**ASSIGNED TASK**
Starting at the line below that contains "IsItself 4 self.old.items", print each line through the end of the records exactly as it appears.

(Stored data)

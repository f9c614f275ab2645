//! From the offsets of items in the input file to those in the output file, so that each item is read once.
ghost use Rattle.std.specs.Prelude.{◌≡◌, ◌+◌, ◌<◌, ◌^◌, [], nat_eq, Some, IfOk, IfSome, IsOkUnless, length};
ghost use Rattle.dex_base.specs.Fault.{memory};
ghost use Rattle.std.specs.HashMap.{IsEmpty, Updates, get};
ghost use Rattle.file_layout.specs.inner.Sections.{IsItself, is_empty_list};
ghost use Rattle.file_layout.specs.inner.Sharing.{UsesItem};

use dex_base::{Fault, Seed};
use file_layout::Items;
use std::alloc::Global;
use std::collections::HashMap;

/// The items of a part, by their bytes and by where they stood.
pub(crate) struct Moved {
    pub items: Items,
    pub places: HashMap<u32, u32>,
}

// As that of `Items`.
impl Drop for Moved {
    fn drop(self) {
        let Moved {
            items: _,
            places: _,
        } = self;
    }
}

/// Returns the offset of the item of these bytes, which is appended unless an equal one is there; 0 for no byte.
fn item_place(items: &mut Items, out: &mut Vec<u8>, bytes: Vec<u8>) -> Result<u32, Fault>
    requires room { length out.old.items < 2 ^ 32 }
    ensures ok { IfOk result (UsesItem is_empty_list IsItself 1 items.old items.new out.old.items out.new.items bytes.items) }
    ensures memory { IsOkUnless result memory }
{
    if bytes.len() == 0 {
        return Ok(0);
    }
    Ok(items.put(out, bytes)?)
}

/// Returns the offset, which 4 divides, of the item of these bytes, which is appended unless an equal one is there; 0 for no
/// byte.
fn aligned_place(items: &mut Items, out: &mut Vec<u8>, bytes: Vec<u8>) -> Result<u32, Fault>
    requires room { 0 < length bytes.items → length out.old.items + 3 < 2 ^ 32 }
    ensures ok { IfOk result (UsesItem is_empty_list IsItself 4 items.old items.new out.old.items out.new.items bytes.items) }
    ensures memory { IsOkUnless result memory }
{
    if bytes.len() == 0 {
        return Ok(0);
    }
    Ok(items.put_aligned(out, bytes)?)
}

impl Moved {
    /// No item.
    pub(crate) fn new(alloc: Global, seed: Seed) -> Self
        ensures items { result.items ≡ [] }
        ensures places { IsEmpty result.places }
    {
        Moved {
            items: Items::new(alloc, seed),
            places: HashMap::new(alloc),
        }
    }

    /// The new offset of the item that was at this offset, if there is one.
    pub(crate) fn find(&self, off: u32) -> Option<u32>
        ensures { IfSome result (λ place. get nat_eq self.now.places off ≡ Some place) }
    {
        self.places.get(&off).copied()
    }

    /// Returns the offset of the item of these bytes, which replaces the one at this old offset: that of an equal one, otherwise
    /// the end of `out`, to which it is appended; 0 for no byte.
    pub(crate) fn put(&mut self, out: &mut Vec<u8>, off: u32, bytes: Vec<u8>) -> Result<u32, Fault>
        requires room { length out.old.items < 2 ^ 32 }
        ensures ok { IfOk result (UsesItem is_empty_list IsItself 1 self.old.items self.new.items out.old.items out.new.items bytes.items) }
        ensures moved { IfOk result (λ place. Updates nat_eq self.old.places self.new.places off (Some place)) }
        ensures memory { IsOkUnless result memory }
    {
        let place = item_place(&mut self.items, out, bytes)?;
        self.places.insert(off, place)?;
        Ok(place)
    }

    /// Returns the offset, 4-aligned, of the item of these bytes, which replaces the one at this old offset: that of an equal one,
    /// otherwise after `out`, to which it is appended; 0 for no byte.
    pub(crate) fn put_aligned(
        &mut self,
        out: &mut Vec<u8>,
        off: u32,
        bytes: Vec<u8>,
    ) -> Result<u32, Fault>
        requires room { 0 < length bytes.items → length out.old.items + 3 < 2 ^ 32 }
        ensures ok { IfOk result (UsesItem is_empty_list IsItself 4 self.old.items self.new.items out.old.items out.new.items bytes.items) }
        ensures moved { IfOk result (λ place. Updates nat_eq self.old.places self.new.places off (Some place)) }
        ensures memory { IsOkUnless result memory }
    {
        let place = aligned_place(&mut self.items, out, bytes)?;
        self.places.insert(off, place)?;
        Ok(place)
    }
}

**TASK RESPONSE**
        ensures ok { IfOk result (UsesItem is_empty_list IsItself 4 self.old.items self.new.items out.old.items out.new.items bytes.items) }
        ensures moved { IfOk result (λ place. Updates nat_eq self.old.places self.new.places off (Some place)) }
        ensures memory { IsOkUnless result memory }
    {
        let place = aligned_place(&mut self.items, out, bytes)?;
        self.places.insert(off, place)?;
        Ok(place)
    }
}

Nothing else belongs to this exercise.